_REQUIREMENT_
List every line below containing "middle".

_THE DATA_

====

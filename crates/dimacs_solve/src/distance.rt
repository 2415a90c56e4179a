//! Numbers of two widths for the distances of a search.

ghost use Rattle.std.specs.{Prelude.{◌≡◌, ◌<◌, ◌+◌, ◌^◌, ℕ, pos}, Ordering.{nat_cmp}};

/// An unsigned number for the distances of a search: of 64 bits if all of them fit, otherwise of 128.
pub(crate) trait SearchDistance: Copy + Ord {
    ghost value: { Self → ℕ };

    /// Sums of distances and weights have to stay below it.
    ghost limit: { ℕ };

    fn zero() -> Self
        ensures { value result ≡ 0 };

    fn plus(self, weight: u64) -> Self
        requires { value self + weight < limit }
        ensures { value result ≡ value self + weight };

    /// Half of the sum, rounded down.
    fn middle(self, other: Self) -> Self;

    fn to_i128(self) -> i128
        requires { value self < 2 ^ 127 }
        ensures { result ≡ pos (value self) };

    ghost in_order: { (a b : Self) → Self.Ord.cmp a b ≡ nat_cmp (value a) (value b) };
}

impl SearchDistance for u64 {
    ghost use Rattle.std.specs.Prelude.{◌^◌, refl};

    ghost value = { λ n. n };

    ghost limit = { 2 ^ 64 };

    ghost in_order = { λ a b. refl };

    #[inline(always)]
    fn zero() -> u64 {
        0
    }

    #[inline(always)]
    fn plus(self, weight: u64) -> u64 {
        self + weight
    }

    #[inline(always)]
    fn middle(self, other: u64) -> u64 {
        self.midpoint(other)
    }

    #[inline(always)]
    fn to_i128(self) -> i128 {
        i128::from(self)
    }
}

impl SearchDistance for u128 {
    ghost use Rattle.std.specs.Prelude.{◌^◌, refl};

    ghost value = { λ n. n };

    ghost limit = { 2 ^ 128 };

    ghost in_order = { λ a b. refl };

    #[inline(always)]
    fn zero() -> u128 {
        0
    }

    #[inline(always)]
    fn plus(self, weight: u64) -> u128 {
        self + u128::from(weight)
    }

    #[inline(always)]
    fn middle(self, other: u128) -> u128 {
        self.midpoint(other)
    }

    #[inline(always)]
    fn to_i128(self) -> i128 {
        self as i128
    }
}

====

_ANSWER AREA_
    fn middle(self, other: Self) -> Self;
    fn middle(self, other: u64) -> u64 {
    fn middle(self, other: u128) -> u128 {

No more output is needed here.